[Opening Given information section]

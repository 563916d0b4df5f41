//! A controller with the most random words.
ghost use Rattle.std.specs.Prelude.{◌≤◌, length};

use arrayvec::ArrayVec;
use ble_base::{Config, Note, Outbox};
use controller::Controller;
use std::alloc::{AllocError, Global};
use std::process::Abort;

/// HCI_LE_Rand, as the octets of a host.
const RAND: [u8; 4] = [0x01, 0x18, 0x20, 0x00];

/// The random words after the first, which is 1.
const LATER: [u64; 63] = [
    2, 3, 4, 5, 6, 7, 8, 9, 10, 11, 12, 13, 14, 15, 16, 17, 18, 19, 20, 21, 22, 23, 24, 25, 26, 27,
    28, 29, 30, 31, 32, 33, 34, 35, 36, 37, 38, 39, 40, 41, 42, 43, 44, 45, 46, 47, 48, 49, 50, 51,
    52, 53, 54, 55, 56, 57, 58, 59, 60, 61, 62, 63, 64,
];

/// The settings with the random words 1 to 64.
fn settings() -> Config
    ensures { 1 ≤ length result.words.items }
{
    let mut words = ArrayVec::new();
    words.push(1);
    let _ = words.try_extend_from_slice(&LATER);
    Config {
        public: [0x0A, 0x00, 0x00, 0xEE, 0xFF, 0xC0],
        cursor: 0x7176_4129,
        words,
    }
}

/// What the controller hands up for HCI_LE_Rand, in hexadecimal digits.
fn rand(alloc: Global, controller: &mut Controller<1, 8, 8>) -> Result<String, AllocError> {
    let mut told = String::new(alloc);
    for octet in RAND {
        let mut out = Outbox::new();
        controller.host_octet(octet, &mut out);
        put_up(&mut told, &out)?;
    }
    Ok(told)
}

/// The octets that are handed up.
fn put_up(told: &mut String, out: &Outbox) -> Result<(), AllocError> {
    for note in out.as_slice() {
        if let Note::Up(octets) = note {
            let digits = hex::encode(*told.allocator(), octets.as_slice())?;
            told.push_str(digits.as_str())?;
        }
    }
    Ok(())
}

/// The event that answers HCI_LE_Rand with this random word, which is below 256.
fn answer(alloc: Global, word: u8) -> Result<String, AllocError> {
    format!(in alloc; "040e0c01182000{word:02x}00000000000000")
}

/// Whether the controller answers HCI_LE_Rand with this random word.
fn gives(
    alloc: Global,
    controller: &mut Controller<1, 8, 8>,
    word: u8,
) -> Result<bool, AllocError> {
    let told = rand(alloc, controller)?;
    Ok(told.as_str() == answer(alloc, word)?.as_str())
}

/// Draws the words 1 to 64, and then the first of them again.
fn draw_all(
    rt: &impl Abort,
    alloc: Global,
    controller: &mut Controller<1, 8, 8>,
) -> Result<(), AllocError> {
    for draw in 0..65u8 {
        assert!(rt; gives(alloc, controller, draw % 64 + 1)?, "{draw}");
    }
    Ok(())
}

#[test]
fn the_65th_draw_is_the_first_of_64_words(rt: HostRuntime) -> Result<(), AllocError> {
    let alloc = rt.alloc();
    let mut controller = Controller::start(alloc, settings())?;
    draw_all(&rt, alloc, &mut controller)
}
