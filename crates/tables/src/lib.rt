// A table of the pairs, of where the seats start and of the students of a stage, made once for a call: a pair's record is her first pair's plus the count of
// her workshops before it.
#![tactic(auto)]

ghost use Rattle.std.specs.Prelude.{◌≡◌, true, ℕ, ◌+◌, ◌-◌, ◌/◌, ◌%◌, ◌≤◌, ◌<◌, length, eqb};
ghost use Rattle.base.specs.Lists.{count};
ghost use Rattle.base.specs.Bits.{member};
ghost use Rattle.lgs.specs.Market.{seats_before};
ghost use Rattle.format.specs.Engine.{market_in};
ghost use Rattle.records.specs.Records.{pair_place};
ghost use Rattle.tables.specs.Table.{Tabled, Stretch, Standing, Started};
ghost use Rattle.tables.specs.Table.{set_of, first_of, all_of, entry_of, next_of, head_of, Staged, Linked, Holds, Kept};

use std::ops::Range;

// ---- the making (one slice of words, with three numbers in each, and no struct of arrays: it is 10 KB of stack, and `Tabled` speaks of one list)

// The workshops' records: where the seats of each start, and the set of them all. The pairs are noted before, where they are tested (`case_tests`).
pub fn note_starts(case: &[u8], students: usize, workshops: usize, table: &mut [u64])
    requires standing { Standing case.now students workshops }
    requires table_len { length table.old ≡ 1089 }
    ensures { Started case.now table.old table.new (workshops + 1) }
{
    let mut sum = 0;
    let mut all = 0;
    for w in 1..workshops + 1 {
        table[1023 + w] = sum;
        sum += u64::from(records::row_at(case, students + w - 1).second);
        all = bits::with_bit(all, w);
    }
    table[1088] = all;
}

// The entry with another next student.
fn with_next(entry: u64, next: u64) -> u64
    requires { next < 65536 }
    ensures { Holds result (entry % 65536) next (entry / 4294967296) }
{
    entry / 4294967296 * 4294967296 + next * 65536 + entry % 65536
}

// The entry with another first student.
fn with_head(entry: u64, head: u64) -> u64
    requires { head < 65536 }
    ensures { Holds result (entry % 65536) (entry / 65536 % 65536) head }
{
    head * 4294967296 + entry % 4294967296
}

// Each student gets the next one of her stage, and each stage its first student, from the last student on.
pub fn link(case: &[u8], students: usize, table: &mut [u64])
    requires staged { Staged case.now students }
    requires table_len { length table.old ≡ 1089 }
    requires by_index { (s : ℕ) → 1 ≤ s → s ≤ 512 → entry_of table.old s < 65536 }
    ensures linked { Linked case.now table.new students }
    ensures kept { Kept table.old table.new }
{
    for s in (1..students + 1).rev() {
        let stage = usize::from(records::row_at(case, s - 1).second);
        let next = table[511 + stage] / 4294967296;
        table[511 + s] = with_next(table[511 + s], next);
        table[511 + stage] = with_head(table[511 + stage], s as u64);
    }
}

// ---- the reading

// A case and the table of its pairs.
#[derive(Clone, Copy)]
pub struct Table<'a> {
    pub case: &'a [u8],
    pub words: &'a [u64],
    ghost tabled: { Tabled case.now words.now },
}

// Student s has a pair with every workshop. This and the next two ask only how long the table is, less than a `Table` says.
pub fn has_all(table: &[u64], s: usize) -> bool
    requires { (length table.now ≡ 1089) × (1 ≤ s) × (s ≤ 512) }
    ensures { result ≡ eqb (set_of table.now s) (all_of table.now) }
{
    table[s - 1] == table[1088]
}

// The next student of student s's stage, or 0: the table has numbers, and student 0 is nobody.
pub fn next_of(table: &[u64], s: usize) -> usize
    requires { (length table.now ≡ 1089) × (s ≤ 512) }
    ensures { result ≡ next_of table.now s }
{
    (table[511 + s] / 65536 % 65536) as usize
}

// The first student of stage t, or 0, as above.
pub fn head_of(table: &[u64], t: usize) -> usize
    requires { (length table.now ≡ 1089) × (t ≤ 512) }
    ensures { result ≡ head_of table.now t }
{
    (table[511 + t] / 4294967296) as usize
}

// How many members of the set are below w.
fn members_below(set: u64, w: usize) -> usize
    requires { (1 ≤ w) × (w ≤ 64) }
    ensures { (result ≡ count (member set) (w - 1)) × (result ≤ 64) }
{
    (set & ((1u64 << (w - 1)) - 1)).count_ones() as usize
}

impl Table<'_> {
    // Student s and workshop w have a pair.
    pub fn has_pair(&self, s: usize, w: usize) -> bool
        requires { (1 ≤ s) × (s ≤ 512) × (1 ≤ w) × (w ≤ 64) }
        ensures { result ≡ (market_in self.now.case.now).paired s w }
    {
        bits::has_bit(self.words[s - 1], w)
    }

    // The same of any names. Names of nobody have no pair.
    pub fn is_paired(&self, s: usize, w: usize) -> bool
        ensures { result ≡ (market_in self.now.case.now).paired s w }
    {
        if ((s < 1) | (512 < s)) | ((w < 1) | (64 < w)) {
            return false;
        }
        self.has_pair(s, w)
    }

    // The number of the record of student s's first pair.
    fn first_of(&self, s: usize) -> usize
        requires { (1 ≤ s) × (s ≤ 512) }
        ensures { (result ≡ first_of self.now.words.now s) × (result < 65536) }
    {
        (self.words[511 + s] % 65536) as usize
    }

    // The number of the pair's record. A student who has a pair with every workshop has one with all below w.
    pub fn pair_at(&self, s: usize, w: usize) -> usize
        requires { (market_in self.now.case.now).paired s w ≡ true }
        ensures { result ≡ pair_place self.now.case.now s w }
    {
        let first = self.first_of(s);
        if has_all(self.words, s) {
            return first + (w - 1);
        }
        first + members_below(self.words[s - 1], w)
    }

    // The numbers of the records of student s's pairs.
    pub fn pairs_of(&self, s: usize) -> Range<usize>
        requires { (1 ≤ s) × (s ≤ 512) }
        ensures stretch { Stretch self.now.case.now s result.start (result.end - result.start) }
        ensures order { result.start ≤ result.end }
    {
        let first = self.first_of(s);
        first..first + bits::count(self.words[s - 1]) as usize
    }

    // The workshops that student s has pairs with.
    pub fn set_of(&self, s: usize) -> u64
        requires { (1 ≤ s) × (s ≤ 512) }
        ensures value { result ≡ set_of self.now.words.now s }
        ensures by_index { (w : ℕ) → member result w ≡ (market_in self.now.case.now).paired s w }
    {
        self.words[s - 1]
    }

    // Where the seats of workshop w start.
    pub fn start_of(&self, w: usize) -> usize
        requires { (1 ≤ w) × (w ≤ (market_in self.now.case.now).workshops) }
        ensures { result ≡ seats_before (market_in self.now.case.now) w }
    {
        self.words[1023 + w] as usize
    }
}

[Closing Given information section]

**Directions for this task**
Using the data above, repeat exactly the lines that begin at the line with "pub words: &'a" and end at the line with "are below w.", both ends included.

**Output of the task**
    pub words: &'a [u64],
    ghost tabled: { Tabled case.now words.now },
}

// Student s has a pair with every workshop. This and the next two ask only how long the table is, less than a `Table` says.
pub fn has_all(table: &[u64], s: usize) -> bool
    requires { (length table.now ≡ 1089) × (1 ≤ s) × (s ≤ 512) }
    ensures { result ≡ eqb (set_of table.now s) (all_of table.now) }
{
    table[s - 1] == table[1088]
}

// The next student of student s's stage, or 0: the table has numbers, and student 0 is nobody.
pub fn next_of(table: &[u64], s: usize) -> usize
    requires { (length table.now ≡ 1089) × (s ≤ 512) }
    ensures { result ≡ next_of table.now s }
{
    (table[511 + s] / 65536 % 65536) as usize
}

// The first student of stage t, or 0, as above.
pub fn head_of(table: &[u64], t: usize) -> usize
    requires { (length table.now ≡ 1089) × (t ≤ 512) }
    ensures { result ≡ head_of table.now t }
{
    (table[511 + t] / 4294967296) as usize
}

// How many members of the set are below w.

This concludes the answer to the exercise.